The Admissibility of the Appellant's Statement
[23] The trial judge found that the appellant was not detained when he gave his statement to the police. In doing so, he correctly set out the applicable law. His findings of fact are fully justified on the record before him. We see no basis upon which to interfere with that finding. In the absence of a detention, neither s. 10(b) of the Charter, nor the right to silence as guaranteed in s. 7 of the Charter, are engaged.
[24] The defence also challenged the voluntariness of the appellant's statement. The defence argued that the officer induced the statement by inviting the appellant as a member of the local community to do the responsible thing and tell the police what he knew.
[25] Again, the trial judge thoroughly and correctly reviewed the relevant law. He made findings of fact which cannot be successfully challenged. On those findings, there was no improper inducement by the police and no oppression. The finding that the confession was voluntary stands.
[26] Counsel further argued that apart from the voluntariness of the confession, and police compliance with the Charter, police misconduct justified the exclusion of the appellant's statement. Counsel submitted that the officer interviewing the appellant had grounds to charge the appellant, but chose not to do so, and to treat him as a witness, hoping that the appellant would make a statement and incriminate himself. Counsel further submits that the officer, having decided to advise the appellant of his right to counsel, did not give the appellant a fair opportunity to determine whether he wanted to speak with counsel. Counsel argues that this conduct, even though it did not affect the voluntariness of the statement and did not breach the appellant's constitutional rights, was so improper as to warrant the exclusion of the appellant's statement in the name of "adjudicative fairness".
[27] Whatever power a court might have to exclude a statement even though it is Charter-compliant and voluntary, there is no factual basis to exclude this statement. The trial judge found that the police officer's questioning of the appellant was not improper. He rejected the argument that the officer attempted to mislead the appellant by making him think that he was giving only a witness statement. The trial judge also rejected the submission that the officer deliberately refrained from giving the appellant an adequate opportunity to decide whether he wished to consult with counsel.
[28] The trial judge's findings are fully justified on this record. The officer repeatedly told the appellant that he was free to leave the station. The officer repeatedly told the appellant of the jeopardy he faced and the charges that might be brought against him. The officer, although he was under no constitutional obligation to do so, advised the appellant of his right to counsel and afforded him an opportunity to contact counsel. He also advised the appellant that he was not obligated to say anything and that anything he said might be used in evidence. There is nothing in the conduct of the interview to suggest that the appellant had any wish to speak to counsel. Clearly, he wanted to give his version of the relevant events to the officer.

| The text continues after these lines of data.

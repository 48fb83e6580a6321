//! What the words of `mm diff` ask for.

ghost use Rattle.std.specs.Prelude.{◌≡◌, ◌≢◌, [], List, map, IfOk, IfErr, IfSome, IfNone, codes};
ghost use Rattle.std.specs.Prelude.{◌⊎◌, drop};
ghost use Rattle.clap.specs.Words.{Row, Text};
ghost use Rattle.mm_words.specs.Words.{Asks, AreSides, Commands};
ghost use Rattle.mm_words.specs.RefusedWords.{IsWordFault};

use crate::command_line::DIFF_USE;
use crate::matches::number_of;
use crate::request::{AskedVersions, Request};
use crate::stop::Stop;
use std::alloc::Global;

/// What stands between the files of two versions.
const DASHES: &str = "--";

/// The words behind the program's name and the command.
fn behind_command<'a>(words: &'a [&'a str]) -> &'a [&'a str]
    ensures { map (λ word. word.now) result.now ≡ drop 2 (map (λ word. word.now) words.entry.now) }
{
    match words {
        [_, _, behind @ ..] => behind,
        _ => &[],
    }
}

/// The versions in the files with these names, where there are some on both sides.
fn versions_in<'a>(old: &'a [&'a str], new: &'a [&'a str]) -> Option<AskedVersions<'a>>
    ensures some { IfSome result (λ sides. (sides.old.now ≡ old.entry.now)
        × (sides.new.now ≡ new.entry.now) × (old.entry.now ≢ []) × (new.entry.now ≢ [])) }
    ensures none { IfNone result ((old.entry.now ≡ []) ⊎ (new.entry.now ≡ [])) }
{
    if old.is_empty() || new.is_empty() {
        None
    } else {
        Some(AskedVersions { old, new })
    }
}

/// The names of the files on both sides of the first `--` among these words, where there are some
/// on each; where no word is `--`, of two words the first and the second.
fn sides_of<'a>(words: &'a [&'a str]) -> Option<AskedVersions<'a>>
    ensures some { IfSome result (λ sides. AreSides (map (λ word. word.now) words.entry.now)
        (map (λ name. name.now) sides.old.now) (map (λ name. name.now) sides.new.now)) }
    ensures none { IfNone result ((old new : List Text)
        → ¬ (AreSides (map (λ word. word.now) words.entry.now) old new)) }
{
    match number_of(words, DASHES) {
        Some(number) => versions_in(&words[..number], &words[number + 1..]),
        None if words.len() == 2 => versions_in(&words[..1], &words[1..]),
        None => None,
    }
}

/// What these words ask for, whose command is `diff`. For `clap` a `--` ends the options, and is
/// left out: so the files are taken from the words themselves, which hold no option.
pub(crate) fn diff_request<'a>(alloc: Global, words: &'a [&'a str]) -> Result<Request<'a>, Stop<'a>>
    ensures request { IfOk result (λ request. (rows : List Row)
        → Commands (map (λ word. word.now) words.entry.now) (codes "diff") rows
        → Asks (map (λ word. word.now) words.entry.now) request) }
    ensures fault { IfErr result (λ stop. (rows : List Row)
        → Commands (map (λ word. word.now) words.entry.now) (codes "diff") rows
        → IsWordFault (map (λ word. word.now) words.entry.now) stop) }
{
    match sides_of(behind_command(words)) {
        Some(asked) => Ok(Request::Diff(asked)),
        None => Err(Stop::Usage(format!(in alloc;
            "mm: diff takes two files, or files on both sides of --\nUsage: {DIFF_USE}\n"
        )?)),
    }
}
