//! The commands and their replies: the front of the library.
//! It answers `run` and `reply_to`: files and a command in, the text and the status of the reply
//! out. It stands on all crates that answer questions: verdict, axioms, texts, explanations,
//! saving, shorter proofs, lemmas. Begin with `command`, then `accepted` and `question` (of databases
//! in which nothing is at fault), `users` (also where proofs are), `whole` (of all faults, and of all
//! proofs of a file), `alone` (of one theorem, whatever its proof) and `stated` (of one statement);
//! `told` has how steps are told.
//! What a reply is stands in `specs/Reply.antt`.
#![tactic(auto)]

mod accepted;
mod alike;
mod alone;
mod chain;
mod checked_prefix;
mod command;
mod known_normal;
mod question;
mod stated;
mod told;
mod users;
mod whole;

pub use alike::{alike_files_have_one_reply, own_proof_is_tried_alike};
pub use command::{RunFault, reply_to, run};
pub use mm_frame::LabelId;
pub use mm_verdict::{Command, LoneQuestion, Question, Telling, WholeQuestion};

[29] Counsel made much of the officer's reluctance to admit in his evidence that he had reasonable and probable grounds to arrest the appellant from the moment the appellant arrived at the police station. Even if one could read the officer's testimony as less than forthcoming on this point, the manner in which he testified had nothing to do with the treatment of the appellant at the police station. Certainly, the manner in which the police officer testified at trial could not somehow justify the exclusion of the appellant's statement.
The Causation Question
[30] The trial judge dealt with the question of causation at paras. 182-200. His observations included the following (paras. 198-99):
Racing through town, and then along the sunset strip, in the winter, in the darkness, far in excess of the posted speed limit was inherently dangerous conduct. Just as Mr. O'Leary chose to race with Mr. Dodd, it was reasonably foreseeable that Mr. Dodd would choose to continue the race with the accused even in the fatal curve. The risk of immediate and substantial harm was reasonably foreseeable.
There was no break in the chain of causation. The two cars were in close proximity of one another just before the crash … They were racing. They were driving well over the posted speed limit. I accept the evidence of the accused that he slowed down going into the curve, and it appears that Mr. Dodd did not, at least not before he started to lose control. All of that having being said, this is not a case of some intervening event having occurred. An ordinarily circumspect person would have seen the loss of control, the crash and the resulting death and bodily harm as a likely consequence of Mr. O'Leary's dangerous driving.
[31] The racing, a joint venture by the appellant and Mr. Dodd, was a factual "but for" cause of the accident and the death and injuries that resulted. Not every factual cause is a legal cause. The trier of fact must be satisfied that the accused's actions constituted a significant contributing cause of death: R. v. Maybin, (2012) SCC 24, at para. 60.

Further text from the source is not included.